» Task directions
A line containing "#[tactic(auto, unfolding(load::specs::Stream::clashes))]" appears in the material below. Return exactly every line from the first through that one, and only those.

[Dataset entries]

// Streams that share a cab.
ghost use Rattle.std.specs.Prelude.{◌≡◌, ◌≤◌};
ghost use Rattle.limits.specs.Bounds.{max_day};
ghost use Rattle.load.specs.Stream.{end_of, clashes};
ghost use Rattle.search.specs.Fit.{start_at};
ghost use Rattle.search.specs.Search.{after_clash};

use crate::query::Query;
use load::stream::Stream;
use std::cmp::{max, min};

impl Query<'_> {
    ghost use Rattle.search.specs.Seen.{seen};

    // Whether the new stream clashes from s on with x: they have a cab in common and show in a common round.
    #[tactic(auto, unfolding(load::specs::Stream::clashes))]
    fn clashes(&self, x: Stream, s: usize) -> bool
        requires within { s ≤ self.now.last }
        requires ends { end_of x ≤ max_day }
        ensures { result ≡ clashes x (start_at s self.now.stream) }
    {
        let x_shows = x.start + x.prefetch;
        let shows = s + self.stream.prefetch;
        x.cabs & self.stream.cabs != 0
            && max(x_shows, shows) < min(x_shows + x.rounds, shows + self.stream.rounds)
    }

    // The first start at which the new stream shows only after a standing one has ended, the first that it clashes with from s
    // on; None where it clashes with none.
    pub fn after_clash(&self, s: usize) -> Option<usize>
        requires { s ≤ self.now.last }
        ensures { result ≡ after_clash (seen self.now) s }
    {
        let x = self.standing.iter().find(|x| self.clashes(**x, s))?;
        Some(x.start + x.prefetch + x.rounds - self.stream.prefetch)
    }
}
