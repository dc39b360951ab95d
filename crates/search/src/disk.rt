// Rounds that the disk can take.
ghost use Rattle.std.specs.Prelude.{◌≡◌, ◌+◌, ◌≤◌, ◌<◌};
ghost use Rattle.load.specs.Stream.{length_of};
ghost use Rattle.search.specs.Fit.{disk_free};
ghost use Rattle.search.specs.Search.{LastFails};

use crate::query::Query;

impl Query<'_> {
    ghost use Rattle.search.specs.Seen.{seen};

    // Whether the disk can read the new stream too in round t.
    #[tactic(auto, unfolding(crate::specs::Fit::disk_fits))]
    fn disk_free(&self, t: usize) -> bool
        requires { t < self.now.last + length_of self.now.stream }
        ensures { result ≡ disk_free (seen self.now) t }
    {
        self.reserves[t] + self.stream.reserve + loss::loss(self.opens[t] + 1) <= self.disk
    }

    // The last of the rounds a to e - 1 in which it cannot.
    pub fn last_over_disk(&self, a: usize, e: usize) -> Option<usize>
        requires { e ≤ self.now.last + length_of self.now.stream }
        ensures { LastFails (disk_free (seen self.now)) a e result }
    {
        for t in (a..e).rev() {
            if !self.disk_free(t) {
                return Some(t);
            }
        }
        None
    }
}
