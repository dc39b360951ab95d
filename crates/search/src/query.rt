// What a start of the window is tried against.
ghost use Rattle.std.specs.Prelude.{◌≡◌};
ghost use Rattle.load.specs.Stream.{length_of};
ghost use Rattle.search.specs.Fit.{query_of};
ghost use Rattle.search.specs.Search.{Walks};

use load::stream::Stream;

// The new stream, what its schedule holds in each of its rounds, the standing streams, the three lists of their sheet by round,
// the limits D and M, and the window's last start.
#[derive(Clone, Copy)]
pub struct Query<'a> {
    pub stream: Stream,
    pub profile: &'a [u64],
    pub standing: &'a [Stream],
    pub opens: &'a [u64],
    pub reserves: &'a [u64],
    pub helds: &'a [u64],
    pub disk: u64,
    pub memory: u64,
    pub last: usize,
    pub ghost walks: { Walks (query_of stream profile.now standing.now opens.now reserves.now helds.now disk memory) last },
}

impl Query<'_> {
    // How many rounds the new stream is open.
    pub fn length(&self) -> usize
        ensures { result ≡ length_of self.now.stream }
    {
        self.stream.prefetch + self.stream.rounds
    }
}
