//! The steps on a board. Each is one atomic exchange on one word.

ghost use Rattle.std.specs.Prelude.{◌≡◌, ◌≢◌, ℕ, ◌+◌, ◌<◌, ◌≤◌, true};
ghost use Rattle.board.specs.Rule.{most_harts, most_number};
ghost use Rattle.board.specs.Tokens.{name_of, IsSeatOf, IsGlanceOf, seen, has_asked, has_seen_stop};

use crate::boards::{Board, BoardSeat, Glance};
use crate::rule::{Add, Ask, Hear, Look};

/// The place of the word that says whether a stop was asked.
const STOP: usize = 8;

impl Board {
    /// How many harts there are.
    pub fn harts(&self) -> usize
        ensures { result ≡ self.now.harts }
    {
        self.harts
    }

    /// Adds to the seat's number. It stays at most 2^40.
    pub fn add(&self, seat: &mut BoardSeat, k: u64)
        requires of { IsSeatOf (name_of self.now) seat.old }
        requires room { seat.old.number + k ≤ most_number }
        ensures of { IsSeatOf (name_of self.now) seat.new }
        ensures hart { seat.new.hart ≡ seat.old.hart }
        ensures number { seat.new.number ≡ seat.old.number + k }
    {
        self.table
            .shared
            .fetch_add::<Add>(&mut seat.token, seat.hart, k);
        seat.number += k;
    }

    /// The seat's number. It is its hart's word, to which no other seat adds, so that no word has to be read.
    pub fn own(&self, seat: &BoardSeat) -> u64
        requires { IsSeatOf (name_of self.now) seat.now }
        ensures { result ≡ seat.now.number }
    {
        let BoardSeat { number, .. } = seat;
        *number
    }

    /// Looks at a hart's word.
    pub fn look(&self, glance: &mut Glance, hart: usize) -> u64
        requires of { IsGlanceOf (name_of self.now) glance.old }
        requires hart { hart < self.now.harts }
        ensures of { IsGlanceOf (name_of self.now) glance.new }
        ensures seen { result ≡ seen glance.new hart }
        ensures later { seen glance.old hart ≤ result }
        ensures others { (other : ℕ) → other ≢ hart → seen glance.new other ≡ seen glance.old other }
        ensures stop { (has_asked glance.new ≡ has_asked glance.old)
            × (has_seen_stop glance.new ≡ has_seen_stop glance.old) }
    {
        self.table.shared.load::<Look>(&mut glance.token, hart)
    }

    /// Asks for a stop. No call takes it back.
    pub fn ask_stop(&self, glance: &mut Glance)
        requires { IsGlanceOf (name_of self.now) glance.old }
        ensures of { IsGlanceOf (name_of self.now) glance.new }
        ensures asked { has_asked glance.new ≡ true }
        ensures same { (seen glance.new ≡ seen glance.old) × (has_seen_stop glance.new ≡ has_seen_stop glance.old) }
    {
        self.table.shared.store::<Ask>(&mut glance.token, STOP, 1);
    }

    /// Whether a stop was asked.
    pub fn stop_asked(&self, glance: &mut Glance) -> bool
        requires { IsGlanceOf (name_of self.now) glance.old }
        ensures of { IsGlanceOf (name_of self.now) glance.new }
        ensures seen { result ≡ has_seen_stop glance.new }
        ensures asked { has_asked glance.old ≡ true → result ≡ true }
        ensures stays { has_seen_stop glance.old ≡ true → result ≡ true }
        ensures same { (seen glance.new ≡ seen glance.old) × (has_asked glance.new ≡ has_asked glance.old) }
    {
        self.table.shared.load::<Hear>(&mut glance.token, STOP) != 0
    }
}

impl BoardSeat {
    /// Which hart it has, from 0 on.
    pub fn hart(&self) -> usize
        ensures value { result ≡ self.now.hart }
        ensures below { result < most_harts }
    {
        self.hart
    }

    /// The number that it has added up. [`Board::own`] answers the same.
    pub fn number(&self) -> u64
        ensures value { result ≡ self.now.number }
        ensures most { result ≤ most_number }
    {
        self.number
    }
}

[/Dataset entries]

» Result of this task
// Streams that share a cab.
ghost use Rattle.std.specs.Prelude.{◌≡◌, ◌≤◌};
ghost use Rattle.limits.specs.Bounds.{max_day};
ghost use Rattle.load.specs.Stream.{end_of, clashes};
ghost use Rattle.search.specs.Fit.{start_at};
ghost use Rattle.search.specs.Search.{after_clash};

use crate::query::Query;
use load::stream::Stream;
use std::cmp::{max, min};

impl Query<'_> {
    ghost use Rattle.search.specs.Seen.{seen};

    // Whether the new stream clashes from s on with x: they have a cab in common and show in a common round.
    #[tactic(auto, unfolding(load::specs::Stream::clashes))]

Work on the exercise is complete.